Express Jet operates 214 aircraft under a capacity purchase agreement with Continental Airlines. They have been losing large amounts of money, but in recent months, due in part to lower fuel prices, Express CEO had this to say, “Our continued discipline and near perfect service allowed ExpressJet to produce positive cash flows from operations during the last two months of 2008.” Ten thousand individual investors could own 50% of Express Jet for just a $967.50 per person.

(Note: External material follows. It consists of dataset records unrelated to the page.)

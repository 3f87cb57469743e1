//! The stations of a world, one for each node.
ghost use Rattle.std.specs.BTreeSet.{contains};
ghost use Rattle.std.specs.Ordering.{nat_cmp};
ghost use Rattle.std.specs.Prelude.{◌≡◌, ◌++◌, ◌∷◌, [], ℕ, false, map, All, IfOk, OnOk};
ghost use Rattle.protocol.specs.Registries.{nodes};
ghost use Rattle.protocol.specs.World.{opening_station};
ghost use Rattle.world.specs.Cores.{node_of};
ghost use Rattle.world.specs.Kept.{IsFresh};
ghost use Rattle.world.specs.Stations.{station_of, uncommitted_station};

use crate::any_core::Core;
use crate::station::Station;
use scheme::Scheme;
use std::alloc::Global;
use units::{NoMemory, Node};

/// A station of that node, which has recorded nothing.
fn opening_station(alloc: Global, scheme: &Scheme, node: Node) -> Result<Station, NoMemory>
    ensures opens { IfOk result (λ s. station_of s ≡ opening_station node) }
    ensures fresh { IfOk result (IsFresh scheme.now) }
{
    let core = Core::new(alloc, scheme, node)?;
    Ok(Station::new(alloc, core))
}

/// Adds a station of that node, which has recorded nothing.
fn add_opening_station(
    stations: &mut Vec<Station>,
    alloc: Global,
    scheme: &Scheme,
    node: Node,
) -> Result<(), NoMemory>
    ensures opens { OnOk result
        (map station_of stations.new.items ≡ map station_of stations.old.items ++ opening_station node ∷ []) }
    ensures fresh { OnOk result (All (IsFresh scheme.now) stations.old.items
        → All (IsFresh scheme.now) stations.new.items) }
{
    stations.reserve(1)?;
    stations.push_reserved(opening_station(alloc, scheme, node)?);
    Ok(())
}

/// Adds the stations of the opening world to an empty list: the log, then the registries in the scheme's order.
fn add_opening_stations(
    stations: &mut Vec<Station>,
    alloc: Global,
    scheme: &Scheme,
) -> Result<(), NoMemory>
    requires empty { stations.old.items ≡ [] }
    ensures opens { OnOk result
        (map station_of stations.new.items
        ≡ opening_station Node.Itl ∷ map (λ m. opening_station (Node.Registry m.code)) scheme.now.members) }
    ensures fresh { OnOk result (All (IsFresh scheme.now) stations.new.items) }
{
    add_opening_station(stations, alloc, scheme, Node::Itl)?;
    for member in scheme.registries() {
        add_opening_station(stations, alloc, scheme, Node::Registry(member.code))?;
    }
    Ok(())
}

/// The stations of the opening world: the log, then the registries in the scheme's order.
pub(crate) fn opening_stations(alloc: Global, scheme: &Scheme) -> Result<Vec<Station>, NoMemory>
    ensures opens { IfOk result
        (λ v. map station_of v.items
        ≡ opening_station Node.Itl ∷ map (λ m. opening_station (Node.Registry m.code)) scheme.now.members) }
    ensures nodes { IfOk result (λ v. map (λ s. node_of s.core) v.items ≡ nodes scheme.now) }
    ensures fresh { IfOk result (λ v. All (IsFresh scheme.now) v.items) }
{
    let mut stations = Vec::new(alloc);
    match add_opening_stations(&mut stations, alloc, scheme) {
        Ok(()) => Ok(stations),
        Err(NoMemory) => {
            drop(stations);
            Err(NoMemory)
        }
    }
}

/// The cores of the stations, in their order.
pub(crate) fn cores_of(alloc: Global, stations: Vec<Station>) -> Result<Vec<Core>, NoMemory>
    ensures { IfOk result (λ v. v.items ≡ map (λ s. s.core) stations.items) }
{
    let mut cores = Vec::new(alloc);
    for station in stations {
        cores.push(station.core)?;
    }
    Ok(cores)
}

/// The stations of these cores; each has committed and posted nothing.
pub(crate) fn uncommitted_stations(
    alloc: Global,
    cores: Vec<Core>,
) -> Result<Vec<Station>, NoMemory>
    ensures cores { IfOk result (λ v. map (λ s. s.core) v.items ≡ cores.items) }
    ensures seen { IfOk result (λ v. All (λ s. station_of s ≡ uncommitted_station s.core) v.items) }
    ensures posted { IfOk result (λ v. All (λ s. (key : ℕ) → contains nat_cmp s.posted key ≡ false) v.items) }
{
    let mut stations = Vec::new(alloc);
    for core in cores {
        stations.push(Station::new(alloc, core))?;
    }
    Ok(stations)
}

Phoenix-based Mesa Air Group with a fleet of more than 150 aircraft and flights to 39 states sells for less than $5 million, but it is saddled with more than $500 million in debt. Investor groups could rescue Sunrise Senior Living. Current price: $17 million. The company sleeps 54,000. Sales this year should top $1.7 billion and debt totals at just over $600 million. But it has no profits.
| Company | 51% market cap | Per 10,000 investors | Per 100,000 | With 2 to 1 leverage |
| Express Jet | 9.867 million | 986.70 | 98.67 | 49.34 |
| Mesa Airlines | 2.52 million | 252.00 | 25.20 | 12.60 |
| Eddie Bauer | 9.705 million | 970.53 | 97.05 | 48.52 |
| Pier One Imports | 7.96 million | 796.00 | 79.60 | 39.80 |
| Sunrise Assisted Living | 8.30 million | 830.00 | 83.00 | 41.50 |
Social Networking and GREENmail
Social networking applications are now being built and distributed on Facebook, My Space, Linked In, and Bebo (among others) that enable large groups quickly and effectively organize online. Recently, social networking sites surpassed email in popularity. Facebook alone accounts for 175 million active users.
As the user demographic becomes increasingly older, wealthier, and more sophisticated, the conversion of social networks to economic networks may become a reality, enabling GREENmail to emerge as an effective response to corporate irresponsibility and socioeconomic hegemony.